Look through the data below and, wherever a line carries the word "others", please copy that line.

■ Input data:
_ _ _ _ _ _ _
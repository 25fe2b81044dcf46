//! The text that a path of Windows is sent as.
ghost use Rattle.std.specs.Prelude.{◌≡◌, ◌++◌, ◌∷◌, [], slice_index, drop, ◌<◌, ◌+◌, true, filter, IfOk};
ghost use Rattle.std.specs.Prelude.{OnOk, not, ◌==◌, ◌&&◌, string_bytes};
ghost use Rattle.std.specs.List.{slice_split, flat_map};
ghost use Rattle.std.specs.Option.{option_map};
ghost use Rattle.std.specs.Str.{bytes_eq};
ghost use Rattle.path_pkg.specs.Windows.{is_separator, is_plain, is_verbatim, is_barred, is_full, parts_of};
ghost use Rattle.path_pkg.specs.Windows.{verbatim_parts, without_dots, after_first, disk_text, on_disk};
ghost use Rattle.path_pkg.specs.Windows.{abs_text, any_text};
ghost use Rattle.path_pkg.specs.Path.{joined};
ghost use Rattle.std.specs.Char.{is_ascii_alphabetic};

use crate::path::{path_text, push_joined};
use dist_types::text::Text;
use std::alloc::{AllocError, Global};

/// A byte of a path, and 0 past its end.
pub(crate) fn byte(path: &[u8], i: usize) -> u8
    ensures { result ≡ slice_index path.now i }
{
    path.get(i).copied().unwrap_or(0)
}

fn is_separator(b: u8) -> bool
    ensures { result ≡ is_separator b }
{
    b == b'/' || b == b'\\'
}

/// Whether a path begins with a letter, `:` and a separator.
#[tactic(auto, unfolding(crate::specs::Windows::is_plain))]
pub(crate) fn is_plain(path: &[u8]) -> bool
    ensures { result ≡ is_plain path.now }
{
    byte(path, 0).is_ascii_alphabetic() && byte(path, 1) == b':' && is_separator(byte(path, 2))
}

fn begins_verbatim(path: &[u8]) -> bool
    ensures { result ≡ (slice_index path.now 0 == 92 && slice_index path.now 1 == 92
        && slice_index path.now 2 == 63 && slice_index path.now 3 == 92) }
{
    byte(path, 0) == b'\\'
        && byte(path, 1) == b'\\'
        && byte(path, 2) == b'?'
        && byte(path, 3) == b'\\'
}

/// Whether a path begins with `\\?\`, a letter and `:\`.
#[tactic(auto, unfolding(crate::specs::Windows::is_verbatim))]
pub(crate) fn is_verbatim(path: &[u8]) -> bool
    ensures { result ≡ is_verbatim path.now }
{
    begins_verbatim(path)
        && byte(path, 4).is_ascii_alphabetic()
        && byte(path, 5) == b':'
        && byte(path, 6) == b'\\'
}

/// Whether a path begins with a separator, or with a letter and `:`.
#[tactic(auto, unfolding(crate::specs::Windows::is_barred))]
fn is_barred(path: &[u8]) -> bool
    ensures { result ≡ is_barred path.now }
{
    is_separator(byte(path, 0)) || (byte(path, 0).is_ascii_alphabetic() && byte(path, 1) == b':')
}

/// What follows the byte at a place, or nothing past the end.
fn after(text: &str, i: usize) -> &str
    requires { slice_index text.now i < 128 }
    ensures { result.now ≡ drop (i + 1) text.now }
{
    if i >= text.len() {
        return "";
    }
    &text[i + 1..]
}

fn push_full(alloc: Global, parts: &mut Vec<Text>, piece: &str) -> Result<(), AllocError>
    ensures { OnOk result (parts.new.items ≡ parts.old.items ++ filter is_full (piece.now ∷ [])) }
{
    if piece == "" {
        return Ok(());
    }
    let part = Text::of(alloc, piece)?;
    parts.push(part)?;
    Ok(())
}

/// Adds the parts of a text that is cut at a byte, without the empty ones.
fn push_cut(alloc: Global, parts: &mut Vec<Text>, text: &str, at: char) -> Result<(), AllocError>
    requires { at < 128 }
    ensures { OnOk result (parts.new.items ≡ parts.old.items ++ filter is_full
        (slice_split (λ b. b == at) text.now)) }
{
    for piece in text.split(at) {
        push_full(alloc, parts, piece)?;
    }
    Ok(())
}

/// The parts between each two `\`, without the empty ones.
fn verbatim_parts(alloc: Global, path: &str) -> Result<Vec<Text>, AllocError>
    ensures { IfOk result (λ v. v.items ≡ verbatim_parts path.now) }
{
    let mut parts = Vec::new(alloc);
    push_cut(alloc, &mut parts, path, '\\')?;
    Ok(parts)
}

/// The parts between each two separators, without the empty ones.
fn parts_of(alloc: Global, path: &str) -> Result<Vec<Text>, AllocError>
    ensures { IfOk result (λ v. v.items ≡ parts_of path.now) }
{
    let mut parts = Vec::new(alloc);
    for piece in path.split('\\') {
        push_cut(alloc, &mut parts, piece, '/')?;
    }
    Ok(parts)
}

fn is_dot(part: &Text) -> bool
    ensures { result ≡ bytes_eq part.now (46 ∷ []) }
{
    part.get() == "."
}

/// The parts without each `.`.
fn without_dots(parts: Vec<Text>) -> Vec<Text>
    ensures { result.items ≡ without_dots parts.items }
{
    let mut parts = parts;
    parts.retain(|part| !is_dot(part));
    parts
}

/// The parts without each `.` but one that leads, joined by `/`.
fn relative_text(alloc: Global, parts: Vec<Text>) -> Result<String, AllocError>
    ensures { IfOk result (λ s. string_bytes s ≡ joined (after_first parts.items)) }
{
    let mut parts = parts;
    if parts.is_empty() {
        return Ok(String::new(alloc));
    }
    let first = parts.remove(0);
    let others = without_dots(parts);
    let mut out = first.into_inner();
    push_joined(&mut out, &others)?;
    Ok(out)
}

/// The text of a path on a disk.
fn disk_path(alloc: Global, letter: u8, parts: &[Text]) -> Result<String, AllocError>
    requires { is_ascii_alphabetic letter ≡ true }
    ensures { IfOk result (λ s. string_bytes s ≡ on_disk letter parts.now) }
{
    let mut out = disk_text(alloc, letter.to_ascii_uppercase())?;
    out.push_str("/")?;
    let rest = path_text(alloc, false, parts)?;
    out.push_str(rest.as_str())?;
    Ok(out)
}

/// The text of a disk in the other system.
pub(crate) fn disk_text(alloc: Global, letter: u8) -> Result<String, AllocError>
    requires { letter < 128 }
    ensures { IfOk result (λ s. string_bytes s ≡ disk_text letter) }
{
    let mut out = String::from_str(alloc, "/prefix/disk-")?;
    out.push(char::from(letter))?;
    Ok(out)
}

fn verbatim_text(alloc: Global, path: &str) -> Result<String, AllocError>
    requires { is_verbatim path.now ≡ true }
    ensures { IfOk result (λ s. string_bytes s ≡ on_disk (slice_index path.now 4)
        (verbatim_parts (drop 7 path.now))) }
{
    let parts = verbatim_parts(alloc, after(path, 6))?;
    let text = disk_path(alloc, byte(path.as_bytes(), 4), &parts)?;
    Ok(text)
}

fn plain_text(alloc: Global, path: &str) -> Result<String, AllocError>
    requires { is_plain path.now ≡ true }
    ensures { IfOk result (λ s. string_bytes s ≡ on_disk (slice_index path.now 0)
        (without_dots (parts_of (drop 3 path.now)))) }
{
    let parts = without_dots(parts_of(alloc, after(path, 2))?);
    let text = disk_path(alloc, byte(path.as_bytes(), 0), &parts)?;
    Ok(text)
}

/// The text that a path on a disk is sent as, and None for every other path.
#[tactic(auto, unfolding(crate::specs::Windows::abs_text))]
pub(crate) fn abs_text(alloc: Global, path: &str) -> Result<Option<String>, AllocError>
    ensures { IfOk result (λ o. option_map string_bytes o ≡ abs_text path.now) }
{
    if is_verbatim(path.as_bytes()) {
        let text = verbatim_text(alloc, path)?;
        return Ok(Some(text));
    }
    if is_plain(path.as_bytes()) {
        let text = plain_text(alloc, path)?;
        return Ok(Some(text));
    }
    Ok(None)
}

/// The text that a path is sent as.
#[tactic(auto, unfolding(crate::specs::Windows::any_text))]
pub(crate) fn any_text(alloc: Global, path: &str) -> Result<Option<String>, AllocError>
    ensures { IfOk result (λ o. option_map string_bytes o ≡ any_text path.now) }
{
    if is_verbatim(path.as_bytes()) || is_plain(path.as_bytes()) {
        return abs_text(alloc, path);
    }
    if is_barred(path.as_bytes()) {
        return Ok(None);
    }
    let parts = parts_of(alloc, path)?;
    let text = relative_text(alloc, parts)?;
    Ok(Some(text))
}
_ _ _ _ _ _ _
■ Exercise solution:
    let others = without_dots(parts);
    push_joined(&mut out, &others)?;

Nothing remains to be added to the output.